«Вневременное бытование», о котором говорит у Зебальда герой «Аустерлица», – это про нас, способных отмерять время – а уж вслед за ним и историю – «эмоцией», а не только тиканьем механических часов.


4


В первых трех залах музея я провел почти два часа, перебирая выставленные в них экспонаты как четки, нанизанные на нить, по моим ощущениям, почти бесконечную. И мне пришлось сделать уже осмысленное усилие, чтобы оторваться от Востока, – меня ждали залы с европейской живописью, где я рассчитывал перевести дух от неожиданной пафосности пережитого.

Скажу сразу, расчет не оправдался.


Перейдя в залы с европейской живописью, я обнаружил, что прохожу их со странным зрительным ощущением – ощущением разноцветной анемичной плесени, развешанной в рамах по стенам.

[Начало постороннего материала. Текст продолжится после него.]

//! A quantity of one asset, and how such quantities stand in a text.

ghost use Rattle.std.specs.Prelude.{◌≡◌};
ghost use Rattle.value.specs.View.{asset_of};
ghost use Rattle.value.specs.Order.{asset_cmp};

use ident::ScriptHash;
use std::cmp::Ordering;

/// How much there is of one asset, or is minted of it.
#[derive(Debug, PartialEq, Eq, Drop)]
pub struct AssetQuantity<Q> {
    /// The hash of the policy's script.
    pub policy: ScriptHash,
    /// The asset name, 0 to 32 bytes.
    pub name: Vec<u8>,
    pub quantity: Q,
}

impl<Q> AssetQuantity<Q> {
    /// Which of two assets stands first in a text: by policy, then shorter names first, then by their bytes.
    pub(crate) fn order(&self, other: &AssetQuantity<Q>) -> Ordering
        ensures { result ≡ asset_cmp (asset_of self.now) (asset_of other.now) }
    {
        self.policy
            .cmp(&other.policy)
            .then_with(|| self.name.len().cmp(&other.name.len()))
            .then_with(|| self.name.cmp(&other.name))
    }
}
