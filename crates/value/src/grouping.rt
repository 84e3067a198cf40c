//! Assets in any order, put into the order of a text and under their policies.

ghost use Rattle.std.specs.Prelude.{◌≡◌, ◌↔◌, ◌<◌, ◌++◌, ◌∷◌, [], length, map, IsTrue, IfErr, OnOk, IfOk};
ghost use Rattle.std.specs.Bool.{OnTrue, OnFalse};
ghost use Rattle.std.specs.List.{AllByRecursion};
ghost use Rattle.std.specs.List.Sorted.{IsPermutation};
ghost use Rattle.model.specs.Limits.{name_size_limit};
ghost use Rattle.value.specs.View.{asset_of, policy_of, token_of};
ghost use Rattle.value.specs.Parts.{flat_assets, HasLongName, HasZero, HasRepeats, IsAssetFault};
ghost use Rattle.value.specs.Said.{AreSaid};
ghost use Rattle.value.specs.Checked.{IsNamed, IsCounted};
ghost use Rattle.value.specs.Grouped.{AllNeighboursDiffer, IsGrouped, asset_under};

use crate::asset_fault::AssetFault;
use crate::asset_quantity::AssetQuantity;
use crate::assets::{MAX_NAME, Policy, Token};
use crate::quantity::Quantity;
use ident::ScriptHash;
use std::alloc::{AllocError, Global};

/// Whether the name is longer than a text allows.
fn is_too_long(name: &[u8]) -> bool
    ensures long { IsTrue result ↔ (name_size_limit < length name.now) }
    ensures bytes { AllByRecursion (λ b. b < 256) name.now }
{
    name.len() > MAX_NAME
}

/// Whether one of the names is.
fn has_long_name<Q>(assets: &[AssetQuantity<Q>]) -> bool
    ensures long { OnTrue result (HasLongName (map asset_of assets.now)) }
    ensures named { OnFalse result (AllByRecursion IsNamed (map asset_of assets.now)) }
{
    for asset in assets {
        if is_too_long(&asset.name) {
            return true;
        }
    }
    false
}

/// Whether a quantity is 0.
fn has_zero<Q: Quantity>(assets: &[AssetQuantity<Q>]) -> bool
    ensures zero { OnTrue result (HasZero Q.whole (map asset_of assets.now)) }
    ensures counted { OnFalse result (AllByRecursion (IsCounted Q.whole Q.is_quantity Q.item_of)
        (map asset_of assets.now)) }
{
    for asset in assets {
        if asset.quantity.is_zero() {
            return true;
        }
    }
    false
}

/// Whether two neighbours are one asset.
fn has_equal_neighbours<Q>(assets: &[AssetQuantity<Q>]) -> bool
    ensures repeats { OnTrue result (HasRepeats (map asset_of assets.now)) }
    ensures differ { OnFalse result (AllNeighboursDiffer (map asset_of assets.now)) }
{
    let Some((first, others)) = assets.split_first() else {
        return false;
    };
    let mut last = first;
    for asset in others {
        if last.order(asset).is_eq() {
            return true;
        }
        last = asset;
    }
    false
}

/// Puts a token under the last policy, or under one of its own where it is of another.
fn push_token<Q: Quantity>(
    alloc: Global,
    policies: &mut Vec<Policy<Q>>,
    id: ScriptHash,
    token: Token<Q>,
) -> Result<(), AllocError>
    ensures flat { OnOk result (flat_assets (map policy_of policies.new.items) ≡
        flat_assets (map policy_of policies.old.items) ++ asset_under id.bytes (token_of token) ∷ []) }
    ensures grouped { OnOk result (IsGrouped (map policy_of policies.old.items) →
        IsGrouped (map policy_of policies.new.items)) }
{
    if let Some(last) = policies.last_mut() {
        if last.id == id {
            last.tokens.push(token)?;
            return Ok(());
        }
    }
    let mut tokens = Vec::new(alloc);
    tokens.push(token)?;
    policies.push(Policy { id, tokens })?;
    Ok(())
}

/// The policies of assets that stand in order, each with its run of them. Names are moved.
fn group<Q: Quantity>(
    alloc: Global,
    assets: Vec<AssetQuantity<Q>>,
) -> Result<Vec<Policy<Q>>, AllocError>
    ensures flat { IfOk result (λ policies. flat_assets (map policy_of policies.items) ≡ map asset_of assets.items) }
    ensures grouped { IfOk result (λ policies. IsGrouped (map policy_of policies.items)) }
{
    let mut policies = Vec::new(alloc);
    for asset in assets {
        let AssetQuantity {
            policy,
            name,
            quantity,
        } = asset;
        push_token(alloc, &mut policies, policy, Token { name, quantity })?;
    }
    Ok(policies)
}

/// The policies of these assets, in the order of a text. Err where the assets are at fault: their first fault, which is
/// told before any memory is taken.
pub fn policies_with<Q: Quantity>(
    alloc: Global,
    mut assets: Vec<AssetQuantity<Q>>,
) -> Result<Vec<Policy<Q>>, AssetFault>
    ensures same { IfOk result (λ policies.
        IsPermutation (map asset_of assets.items) (flat_assets (map policy_of policies.items))) }
    ensures said { IfOk result (λ policies. AreSaid Q.is_quantity Q.item_of (map policy_of policies.items)) }
    ensures fault { IfErr result (IsAssetFault Q.whole (map asset_of assets.items)) }
{
    if has_long_name(&assets) {
        return Err(AssetFault::NameTooLong);
    }
    if has_zero(&assets) {
        return Err(AssetFault::ZeroQuantity);
    }
    assets.sort_unstable_by(|a, b| a.order(b));
    if has_equal_neighbours(&assets) {
        return Err(AssetFault::Repeated);
    }
    Ok(group(alloc, assets)?)
}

Да нет, я хорошо видел, что вывешено в этих рамах, но ноги несли меня сами. Вот моя любимая «Мадонна» Перуджино, а вот Кранаха Старшего. Вот портрет дамы Адриана Ханнемана, но в этот раз мы не разглядываем друг друга – на просто провожает меня взглядом. Вот много-много женского мяса Рубенса, и просто мяса – Снейдерса. Вот зимняя деревня с замерзшей рекой Брейгеля. Вот волшебный для меня туман на морском берегу Клода Верне. Я кружил по залам, я спускался-поднимался по лестницам, как бы разминая затекшие от стояния в первых трех залах ноги, и меня ничто не останавливало. Даже московская экспозиция Рембрандта, шедевр на шедевре, не подпускает меня близко, – да нет, разумеется, я видел, как великолепна эта живопись. Ну а какое мне дело сейчас до её великолепия? Или любимые мною сумрачно-серебристые морские пейзажи фламандцев, хороши необыкновенно, но не они мне нужны.

А кто нужен?


Мне нужна была живопись, которая бы остановила меня сама.

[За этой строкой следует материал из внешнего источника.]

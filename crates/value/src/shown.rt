//! Sums, as they are shown.

use crate::amounts::Amounts;
use crate::totals::Totals;
use std::fmt;

impl fmt::Debug for Totals {
    /// Writes how many values were added or taken, and the coin of the sum.
    fn fmt<W: fmt::Write>(&self, f: &mut fmt::Formatter<W>) -> fmt::Result {
        f.debug_struct("Totals")
            .field("values", &self.values())
            .field("coin", &self.coin())
            .finish_non_exhaustive()
    }
}

impl fmt::Debug for Amounts {
    /// Writes that these are the amounts of a policy's assets.
    fn fmt<W: fmt::Write>(&self, f: &mut fmt::Formatter<W>) -> fmt::Result {
        f.debug_struct("Amounts").finish_non_exhaustive()
    }
}
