//! Quantities of an asset: those of an output and those that are minted.

ghost use Rattle.std.specs.Prelude.{◌≡◌, ◌≢◌, ℕ, ℤ, pos, negsuc, ◌≤ℤ◌, ◌++◌, List, Option, ◌<◌, ◌≤◌, ◌+◌, length};
ghost use Rattle.std.specs.Prelude.{◌↔◌, IsTrue, option_map, OnOk, OnErr, vec_capacity};
ghost use Rattle.std.specs.Bool.{OnFalse};
ghost use Rattle.model.specs.Cbor.{Item, Unsigned, text_of};
ghost use Rattle.model.specs.Value.{item_of_number, IsMintedQuantity};
ghost use Rattle.value.specs.Quantities.{IsAlone, held_at, made_at, taken_away_at, minted_at, IsWithin, quantity_limit};

use std::alloc::AllocError;

/// No minted quantity is this or more.
const NUMBER_LIMIT: u64 = 1 << 63;

/// A quantity with its text.
pub trait Quantity: Copy {
    /// The item that says the quantity.
    ghost item_of: { Self → Item };

    /// The quantity as a whole number.
    ghost whole: { Self → ℤ };

    /// Holds of the quantities that the place allows.
    ghost is_quantity: { Self → Type 0 };

    /// The quantity that stands first, and the bytes after it.
    ghost quantity_at: { List ℕ → Option (Self × List ℕ) };

    /// The quantity that stands first, and the bytes after it. None where none stands there that the place
    /// allows.
    fn read(bytes: &[u8]) -> Option<(Self, &[u8])>
        ensures { option_map (λ x. (x.0, x.1.now)) result ≡ quantity_at bytes.now };

    /// Writes the text of the quantity.
    fn write(self, out: &mut Vec<u8>) -> Result<(), AllocError>
        ensures ok { OnOk result (out.new.items ≡ out.old.items ++ text_of (item_of self)) }
        ensures err { OnErr result (out.new.items ≡ out.old.items) }
        ensures full { OnErr result (vec_capacity out.old < length out.old.items + length (text_of (item_of self))) }
        ensures capacity { vec_capacity out.old ≤ vec_capacity out.new };

    /// The quantity, in the width in which quantities are added.
    fn to_whole(self) -> i128
        ensures is { result ≡ whole self }
        ensures within { IsWithin quantity_limit result }
        ensures said { whole self ≢ pos 0 → is_quantity self × IsAlone (item_of self) };

    /// Whether it is 0, which no text says.
    fn is_zero(self) -> bool
        ensures zero { IsTrue result ↔ (whole self ≡ pos 0) }
        ensures said { OnFalse result (is_quantity self × IsAlone (item_of self)) }
    {
        self.to_whole() == 0
    }
}

/// Of an output: 1 to 2^64 - 1.
impl Quantity for u64 {
    ghost item_of = { Unsigned };

    ghost whole = { pos };

    ghost is_quantity = { λ q. q ≢ 0 };

    ghost quantity_at = { held_at };

    #[tactic(auto, unfolding(crate::specs::Quantities::held_at, cbor::specs::Shapes::such_at))]
    fn read(bytes: &[u8]) -> Option<(u64, &[u8])> {
        let (quantity, rest) = cbor::unsigned(bytes)?;
        if quantity == 0 {
            return None;
        }
        Some((quantity, rest))
    }

    fn write(self, out: &mut Vec<u8>) -> Result<(), AllocError> {
        cbor::write_unsigned(out, self)
    }

    fn to_whole(self) -> i128 {
        i128::from(self)
    }
}

/// A quantity that is made: 1 to 2^63 - 1.
#[tactic(auto, unfolding(crate::specs::Quantities::made_at, cbor::specs::Shapes::as_at, cbor::specs::Shapes::such_at))]
fn made(bytes: &[u8]) -> Option<(i64, &[u8])>
    ensures { option_map (λ x. (x.0, x.1.now)) result ≡ made_at bytes.now }
{
    let (quantity, rest) = cbor::unsigned(bytes)?;
    if quantity == 0 || quantity >= NUMBER_LIMIT {
        return None;
    }
    Some((quantity as i64, rest))
}

/// A quantity that is taken away: -2^63 to -1.
#[tactic(auto, unfolding(crate::specs::Quantities::taken_away_at, cbor::specs::Shapes::as_at, cbor::specs::Shapes::such_at))]
fn taken_away(bytes: &[u8]) -> Option<(i64, &[u8])>
    ensures { option_map (λ x. (x.0, x.1.now)) result ≡ taken_away_at bytes.now }
{
    let (below, rest) = cbor::negative(bytes)?;
    if below >= NUMBER_LIMIT {
        return None;
    }
    Some((-1 - below as i64, rest))
}

/// Of what is minted: -2^63 to 2^63 - 1 without 0. What is taken away is below 0.
impl Quantity for i64 {
    ghost item_of = { item_of_number };

    ghost whole = { λ quantity. quantity };

    ghost is_quantity = { IsMintedQuantity };

    ghost quantity_at = { minted_at };

    #[tactic(auto, unfolding(crate::specs::Quantities::minted_at, cbor::specs::Shapes::either_at))]
    fn read(bytes: &[u8]) -> Option<(i64, &[u8])> {
        if let Some(made) = made(bytes) {
            return Some(made);
        }
        taken_away(bytes)
    }

    fn write(self, out: &mut Vec<u8>) -> Result<(), AllocError> {
        if self >= 0 {
            cbor::write_unsigned(out, self as u64)
        } else {
            cbor::write_negative(out, (-1 - self) as u64)
        }
    }

    fn to_whole(self) -> i128 {
        i128::from(self)
    }
}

Остановил меня странный, непонятно откуда идущий коричневый свет на теле повисшего на кресте Иисуса – «Распятие» Алессандро Маньяско. Лица Христа, уронившего голову на грудь, художник не показывает, ограничившись черным профилем на фоне белого плеча. Композиция включает фигуры еще трех людей у подножия креста, и они расположены на холсте совсем близко от Христа, но Иисус смотрит на них уже как бы издалека, сверху. Композиция «Распятия», особым образом соединяющая и разводящая в особом пространстве тела четырех людей, – это и есть сюжет: людей на картине уже трое, четвертый отделяется от них, расставаясь со своей ипостасью человека. Перед нами момент рождения бога, освобождение от человеческой плоти через смертную муку распятия.

Из всех картин Маньяско, которые я видел, это, пожалуй, самая аскетичная. Издали – графика почти. Иероглиф смертной муки. При этом вблизи тело Иисуса кажется тщательно прописанным фирменными мазками Маньяско. «Pittura di tocco» – «живопись мазка», так называли искусствоведы манеру письма Маньяско, у меня же его мазок всегда вызывал ощущение некоторой неврастеничности изображаемого мира. Я бы сказал, ощущение ознобчивости мира. Живопись Маньяско я всегда воспринимал исторический экзотикой как живопись итальянского барокко, в которой активно используется инструментарий художника-экспрессиониста начала ХХ века. При этом у Маньяско нет ни капли кокетства своей манерой – он истов в передаче муки и смысла этой вечной муки.

Рядом с «Распятием» висит огромный холст его «Вакханалии». Многократное воспроизведение этого сюжета у Маньяско делает картину, так сказать, визитной карточкой художника: на холсте руины дворца в одичалом дворцовом парке, почти превратившемся в лес, среди руин – танцующие сатиры, представленные художником огромными козлоногими мужчинами, и такие же монументальные, но одновременно и женственные нимфы. Ураганный ветер прижимает к их полуобнаженным телам остатки одежды, и порывы ветра, похоже, рождаются самим танцем сатиров. Странным танцем, в котором – не радость, а первобытное упоение самой стихией жизни, явленной в данном случае вожделением. То есть вот он – «вариант Маньяско», драматизм которого в обреченности человеческой культуры, столкнувшейся с изначально равнодушной к человеку жизнью природы.